● **Source data**:
⟨
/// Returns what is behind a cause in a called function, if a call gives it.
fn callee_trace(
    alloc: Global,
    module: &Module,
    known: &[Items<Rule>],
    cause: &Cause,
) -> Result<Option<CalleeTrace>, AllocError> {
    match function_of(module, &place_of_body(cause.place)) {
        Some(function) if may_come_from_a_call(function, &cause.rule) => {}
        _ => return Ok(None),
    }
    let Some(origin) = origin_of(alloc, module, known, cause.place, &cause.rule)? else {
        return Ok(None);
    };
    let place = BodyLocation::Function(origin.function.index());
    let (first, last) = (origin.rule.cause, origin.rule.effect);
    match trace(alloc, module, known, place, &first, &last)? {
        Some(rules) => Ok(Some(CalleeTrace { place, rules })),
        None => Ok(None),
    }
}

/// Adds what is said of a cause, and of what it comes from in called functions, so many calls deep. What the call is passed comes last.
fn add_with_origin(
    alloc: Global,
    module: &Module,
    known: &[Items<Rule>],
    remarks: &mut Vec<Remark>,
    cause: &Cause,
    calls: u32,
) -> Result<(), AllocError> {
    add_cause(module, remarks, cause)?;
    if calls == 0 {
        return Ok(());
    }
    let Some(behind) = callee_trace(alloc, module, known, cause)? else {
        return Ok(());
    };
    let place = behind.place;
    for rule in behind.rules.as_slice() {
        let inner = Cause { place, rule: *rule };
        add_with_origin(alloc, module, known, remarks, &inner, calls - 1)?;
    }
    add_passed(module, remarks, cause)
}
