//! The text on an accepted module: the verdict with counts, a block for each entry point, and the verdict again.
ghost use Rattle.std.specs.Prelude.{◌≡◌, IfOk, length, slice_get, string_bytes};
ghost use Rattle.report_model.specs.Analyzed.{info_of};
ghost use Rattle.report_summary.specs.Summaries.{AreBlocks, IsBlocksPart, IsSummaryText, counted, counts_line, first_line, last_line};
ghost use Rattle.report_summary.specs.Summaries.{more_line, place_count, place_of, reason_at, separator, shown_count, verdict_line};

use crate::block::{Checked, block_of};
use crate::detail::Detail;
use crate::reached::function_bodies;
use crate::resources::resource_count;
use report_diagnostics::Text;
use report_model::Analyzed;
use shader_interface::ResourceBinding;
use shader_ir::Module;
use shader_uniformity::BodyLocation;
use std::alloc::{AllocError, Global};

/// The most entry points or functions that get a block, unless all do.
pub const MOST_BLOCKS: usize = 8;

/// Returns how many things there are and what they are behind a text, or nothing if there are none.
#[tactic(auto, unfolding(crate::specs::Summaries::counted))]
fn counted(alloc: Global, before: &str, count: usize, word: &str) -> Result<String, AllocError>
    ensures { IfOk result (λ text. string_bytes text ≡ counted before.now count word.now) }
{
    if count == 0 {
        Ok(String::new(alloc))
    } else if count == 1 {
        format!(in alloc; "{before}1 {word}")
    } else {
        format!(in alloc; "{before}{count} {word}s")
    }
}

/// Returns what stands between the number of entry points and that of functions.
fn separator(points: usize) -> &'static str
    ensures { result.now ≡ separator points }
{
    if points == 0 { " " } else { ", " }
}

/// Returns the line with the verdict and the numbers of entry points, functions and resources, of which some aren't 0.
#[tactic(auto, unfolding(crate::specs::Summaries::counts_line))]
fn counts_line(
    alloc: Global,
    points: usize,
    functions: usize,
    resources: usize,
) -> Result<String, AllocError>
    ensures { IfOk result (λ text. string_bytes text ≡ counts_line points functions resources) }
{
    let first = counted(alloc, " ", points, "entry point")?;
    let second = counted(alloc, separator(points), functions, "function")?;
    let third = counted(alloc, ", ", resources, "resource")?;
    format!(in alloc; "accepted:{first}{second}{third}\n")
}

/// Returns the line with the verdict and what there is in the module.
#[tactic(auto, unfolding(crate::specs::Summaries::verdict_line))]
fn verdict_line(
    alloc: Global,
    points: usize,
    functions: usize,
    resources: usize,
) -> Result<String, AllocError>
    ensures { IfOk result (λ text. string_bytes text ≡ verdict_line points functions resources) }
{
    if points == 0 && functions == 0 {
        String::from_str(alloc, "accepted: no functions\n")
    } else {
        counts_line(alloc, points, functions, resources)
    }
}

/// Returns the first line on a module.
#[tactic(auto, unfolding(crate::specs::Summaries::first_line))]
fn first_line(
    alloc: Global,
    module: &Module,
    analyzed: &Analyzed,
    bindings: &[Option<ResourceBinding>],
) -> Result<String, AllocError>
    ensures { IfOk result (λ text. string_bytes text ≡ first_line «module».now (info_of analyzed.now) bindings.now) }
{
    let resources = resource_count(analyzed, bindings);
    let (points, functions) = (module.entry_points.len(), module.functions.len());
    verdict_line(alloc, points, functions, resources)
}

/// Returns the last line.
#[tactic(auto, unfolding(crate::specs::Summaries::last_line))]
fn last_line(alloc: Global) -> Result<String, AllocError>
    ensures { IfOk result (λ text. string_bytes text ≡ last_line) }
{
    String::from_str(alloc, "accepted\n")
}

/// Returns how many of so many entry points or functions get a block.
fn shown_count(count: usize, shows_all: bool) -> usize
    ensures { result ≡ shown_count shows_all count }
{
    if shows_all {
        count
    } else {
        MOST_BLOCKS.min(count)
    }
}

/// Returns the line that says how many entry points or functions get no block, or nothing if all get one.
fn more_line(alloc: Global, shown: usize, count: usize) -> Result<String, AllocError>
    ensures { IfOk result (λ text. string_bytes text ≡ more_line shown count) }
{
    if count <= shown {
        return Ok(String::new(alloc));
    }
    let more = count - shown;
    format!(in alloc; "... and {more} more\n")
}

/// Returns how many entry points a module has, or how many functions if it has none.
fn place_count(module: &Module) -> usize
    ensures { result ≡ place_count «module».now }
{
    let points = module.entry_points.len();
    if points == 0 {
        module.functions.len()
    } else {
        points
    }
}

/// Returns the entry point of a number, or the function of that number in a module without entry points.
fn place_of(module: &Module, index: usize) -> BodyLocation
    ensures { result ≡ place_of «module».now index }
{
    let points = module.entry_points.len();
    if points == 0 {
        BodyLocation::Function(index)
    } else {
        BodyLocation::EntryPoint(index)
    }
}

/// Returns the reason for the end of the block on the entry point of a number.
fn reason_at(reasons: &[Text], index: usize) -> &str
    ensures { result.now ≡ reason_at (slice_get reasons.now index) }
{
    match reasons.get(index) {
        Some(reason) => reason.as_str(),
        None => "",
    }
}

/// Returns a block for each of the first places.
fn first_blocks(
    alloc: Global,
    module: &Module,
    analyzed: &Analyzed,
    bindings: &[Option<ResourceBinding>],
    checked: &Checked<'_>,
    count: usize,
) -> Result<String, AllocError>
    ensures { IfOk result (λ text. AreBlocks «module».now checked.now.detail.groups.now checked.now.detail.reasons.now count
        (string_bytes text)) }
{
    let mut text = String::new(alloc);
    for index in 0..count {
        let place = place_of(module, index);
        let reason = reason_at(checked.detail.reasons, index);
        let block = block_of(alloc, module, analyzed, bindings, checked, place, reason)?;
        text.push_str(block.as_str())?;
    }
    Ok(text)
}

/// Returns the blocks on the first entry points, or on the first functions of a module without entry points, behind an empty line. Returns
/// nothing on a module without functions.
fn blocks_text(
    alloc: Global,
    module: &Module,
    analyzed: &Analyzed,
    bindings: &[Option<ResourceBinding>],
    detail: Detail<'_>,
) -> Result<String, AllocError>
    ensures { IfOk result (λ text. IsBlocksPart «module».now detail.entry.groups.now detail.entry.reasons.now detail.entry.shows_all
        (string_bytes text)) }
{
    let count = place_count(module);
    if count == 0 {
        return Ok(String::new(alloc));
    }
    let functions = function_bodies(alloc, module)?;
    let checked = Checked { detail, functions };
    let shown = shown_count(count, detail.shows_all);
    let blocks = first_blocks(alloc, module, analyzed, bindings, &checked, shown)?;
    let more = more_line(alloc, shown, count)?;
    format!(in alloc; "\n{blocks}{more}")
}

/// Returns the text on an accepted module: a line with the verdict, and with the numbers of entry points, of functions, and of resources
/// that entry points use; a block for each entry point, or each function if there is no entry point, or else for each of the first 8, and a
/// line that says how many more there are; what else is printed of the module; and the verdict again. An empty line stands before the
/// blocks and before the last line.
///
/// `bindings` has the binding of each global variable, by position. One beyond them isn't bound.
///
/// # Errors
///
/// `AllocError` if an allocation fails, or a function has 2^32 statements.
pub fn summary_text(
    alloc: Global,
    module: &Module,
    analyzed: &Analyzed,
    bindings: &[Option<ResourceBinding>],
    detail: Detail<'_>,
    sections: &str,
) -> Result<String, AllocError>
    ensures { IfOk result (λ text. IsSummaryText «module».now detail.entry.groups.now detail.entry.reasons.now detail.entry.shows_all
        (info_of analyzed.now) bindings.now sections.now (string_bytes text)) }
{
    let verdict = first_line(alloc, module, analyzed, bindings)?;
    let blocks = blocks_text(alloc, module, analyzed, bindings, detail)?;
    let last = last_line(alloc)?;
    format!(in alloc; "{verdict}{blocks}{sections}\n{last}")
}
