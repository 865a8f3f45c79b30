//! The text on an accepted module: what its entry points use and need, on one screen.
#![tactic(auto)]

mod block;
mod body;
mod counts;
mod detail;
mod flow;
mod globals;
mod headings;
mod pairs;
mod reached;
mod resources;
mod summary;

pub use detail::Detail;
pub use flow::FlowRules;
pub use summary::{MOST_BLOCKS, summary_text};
⟩
⟨
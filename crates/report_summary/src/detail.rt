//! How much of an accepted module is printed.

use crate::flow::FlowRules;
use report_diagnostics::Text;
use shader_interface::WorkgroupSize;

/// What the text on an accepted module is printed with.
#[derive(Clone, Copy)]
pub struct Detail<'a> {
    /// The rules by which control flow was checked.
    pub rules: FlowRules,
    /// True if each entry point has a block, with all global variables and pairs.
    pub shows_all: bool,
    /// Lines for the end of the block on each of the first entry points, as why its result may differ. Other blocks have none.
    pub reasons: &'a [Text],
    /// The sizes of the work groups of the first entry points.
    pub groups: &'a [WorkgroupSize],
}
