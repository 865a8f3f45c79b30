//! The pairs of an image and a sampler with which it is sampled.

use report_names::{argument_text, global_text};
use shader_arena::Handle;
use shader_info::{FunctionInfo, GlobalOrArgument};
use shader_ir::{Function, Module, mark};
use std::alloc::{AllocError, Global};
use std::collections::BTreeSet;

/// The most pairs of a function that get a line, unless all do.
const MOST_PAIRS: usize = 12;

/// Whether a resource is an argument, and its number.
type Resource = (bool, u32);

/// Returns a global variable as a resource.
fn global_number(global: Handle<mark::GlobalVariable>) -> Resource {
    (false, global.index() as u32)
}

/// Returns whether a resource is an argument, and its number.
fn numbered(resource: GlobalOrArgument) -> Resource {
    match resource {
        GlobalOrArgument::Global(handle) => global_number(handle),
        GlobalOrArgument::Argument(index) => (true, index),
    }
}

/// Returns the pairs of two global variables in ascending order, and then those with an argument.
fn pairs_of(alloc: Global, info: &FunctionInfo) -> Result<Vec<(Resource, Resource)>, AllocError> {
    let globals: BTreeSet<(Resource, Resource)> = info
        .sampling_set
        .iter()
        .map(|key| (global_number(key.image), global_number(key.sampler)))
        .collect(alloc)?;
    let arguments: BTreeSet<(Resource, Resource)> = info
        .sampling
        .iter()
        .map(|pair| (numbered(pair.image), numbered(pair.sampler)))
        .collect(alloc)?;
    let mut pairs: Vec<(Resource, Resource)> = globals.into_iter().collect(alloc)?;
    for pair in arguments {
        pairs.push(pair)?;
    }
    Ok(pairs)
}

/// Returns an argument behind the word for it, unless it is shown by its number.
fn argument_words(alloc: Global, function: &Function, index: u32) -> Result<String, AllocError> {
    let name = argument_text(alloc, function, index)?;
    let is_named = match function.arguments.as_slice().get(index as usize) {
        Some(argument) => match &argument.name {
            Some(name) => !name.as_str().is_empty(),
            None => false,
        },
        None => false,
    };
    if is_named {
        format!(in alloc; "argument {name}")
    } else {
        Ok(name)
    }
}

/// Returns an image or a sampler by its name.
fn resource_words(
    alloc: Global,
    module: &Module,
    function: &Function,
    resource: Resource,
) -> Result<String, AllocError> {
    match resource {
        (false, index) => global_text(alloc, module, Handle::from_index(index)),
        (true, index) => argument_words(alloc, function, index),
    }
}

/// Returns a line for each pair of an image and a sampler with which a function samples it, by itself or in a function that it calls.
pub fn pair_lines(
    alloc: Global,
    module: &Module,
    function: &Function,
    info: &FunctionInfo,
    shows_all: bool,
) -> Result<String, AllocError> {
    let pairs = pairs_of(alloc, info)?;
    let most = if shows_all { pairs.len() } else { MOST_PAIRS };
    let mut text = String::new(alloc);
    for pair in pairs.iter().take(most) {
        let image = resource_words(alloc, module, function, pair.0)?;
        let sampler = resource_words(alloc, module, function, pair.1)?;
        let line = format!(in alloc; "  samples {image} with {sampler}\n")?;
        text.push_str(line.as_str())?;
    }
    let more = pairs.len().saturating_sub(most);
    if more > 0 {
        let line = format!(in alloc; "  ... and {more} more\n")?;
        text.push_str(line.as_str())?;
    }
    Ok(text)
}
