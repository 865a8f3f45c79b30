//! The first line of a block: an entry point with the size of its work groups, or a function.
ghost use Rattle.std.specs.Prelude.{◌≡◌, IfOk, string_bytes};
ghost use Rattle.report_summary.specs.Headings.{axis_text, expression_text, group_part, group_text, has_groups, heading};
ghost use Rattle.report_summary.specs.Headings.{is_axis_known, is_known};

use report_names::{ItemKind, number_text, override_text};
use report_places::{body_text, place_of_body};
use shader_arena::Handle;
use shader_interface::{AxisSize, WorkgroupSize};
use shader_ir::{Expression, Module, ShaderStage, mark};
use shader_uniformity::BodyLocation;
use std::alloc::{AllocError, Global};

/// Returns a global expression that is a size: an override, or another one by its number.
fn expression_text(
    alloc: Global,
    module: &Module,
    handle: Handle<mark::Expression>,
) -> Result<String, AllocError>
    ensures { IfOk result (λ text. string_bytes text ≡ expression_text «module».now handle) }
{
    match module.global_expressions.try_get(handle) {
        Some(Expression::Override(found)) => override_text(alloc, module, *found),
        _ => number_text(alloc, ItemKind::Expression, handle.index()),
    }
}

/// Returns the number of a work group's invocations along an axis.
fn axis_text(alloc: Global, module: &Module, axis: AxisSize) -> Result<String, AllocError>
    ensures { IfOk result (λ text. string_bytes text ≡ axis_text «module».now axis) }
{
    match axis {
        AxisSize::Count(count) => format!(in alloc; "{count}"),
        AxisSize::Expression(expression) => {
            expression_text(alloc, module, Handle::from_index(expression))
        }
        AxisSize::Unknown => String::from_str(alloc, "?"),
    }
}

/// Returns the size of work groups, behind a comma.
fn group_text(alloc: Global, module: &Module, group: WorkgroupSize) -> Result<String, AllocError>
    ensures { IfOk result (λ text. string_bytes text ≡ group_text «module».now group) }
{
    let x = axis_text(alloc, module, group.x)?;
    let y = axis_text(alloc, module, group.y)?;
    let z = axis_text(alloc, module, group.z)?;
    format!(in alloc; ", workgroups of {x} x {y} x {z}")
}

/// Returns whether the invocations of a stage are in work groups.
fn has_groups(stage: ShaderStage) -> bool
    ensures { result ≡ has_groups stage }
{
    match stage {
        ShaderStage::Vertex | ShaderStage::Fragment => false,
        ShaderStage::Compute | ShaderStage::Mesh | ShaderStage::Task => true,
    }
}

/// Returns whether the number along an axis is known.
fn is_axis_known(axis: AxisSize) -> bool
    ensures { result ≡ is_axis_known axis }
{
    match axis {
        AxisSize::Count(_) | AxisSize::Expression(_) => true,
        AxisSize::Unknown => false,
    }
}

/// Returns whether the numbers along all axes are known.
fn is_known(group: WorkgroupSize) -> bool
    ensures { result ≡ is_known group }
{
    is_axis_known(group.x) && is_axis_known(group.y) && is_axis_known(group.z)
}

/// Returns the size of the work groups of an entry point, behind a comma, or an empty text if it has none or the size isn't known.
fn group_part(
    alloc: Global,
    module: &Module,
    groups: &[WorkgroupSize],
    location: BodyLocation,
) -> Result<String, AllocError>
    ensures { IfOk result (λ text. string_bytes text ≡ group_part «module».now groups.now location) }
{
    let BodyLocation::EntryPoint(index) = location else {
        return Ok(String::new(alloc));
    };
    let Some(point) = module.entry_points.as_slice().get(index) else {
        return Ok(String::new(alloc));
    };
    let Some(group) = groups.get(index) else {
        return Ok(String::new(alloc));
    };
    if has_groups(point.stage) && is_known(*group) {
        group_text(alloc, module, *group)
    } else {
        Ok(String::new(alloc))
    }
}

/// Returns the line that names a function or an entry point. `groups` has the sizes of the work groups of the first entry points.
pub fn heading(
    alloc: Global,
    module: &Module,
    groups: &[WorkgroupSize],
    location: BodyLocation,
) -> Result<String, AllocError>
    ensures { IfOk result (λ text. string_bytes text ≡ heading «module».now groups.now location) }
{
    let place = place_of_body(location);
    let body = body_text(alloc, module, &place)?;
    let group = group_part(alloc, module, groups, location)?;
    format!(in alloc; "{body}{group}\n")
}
⟩
● **Work to be completed**: Note how many lines in the listing above contain the word "third" and give only that number.

● **Result**: 2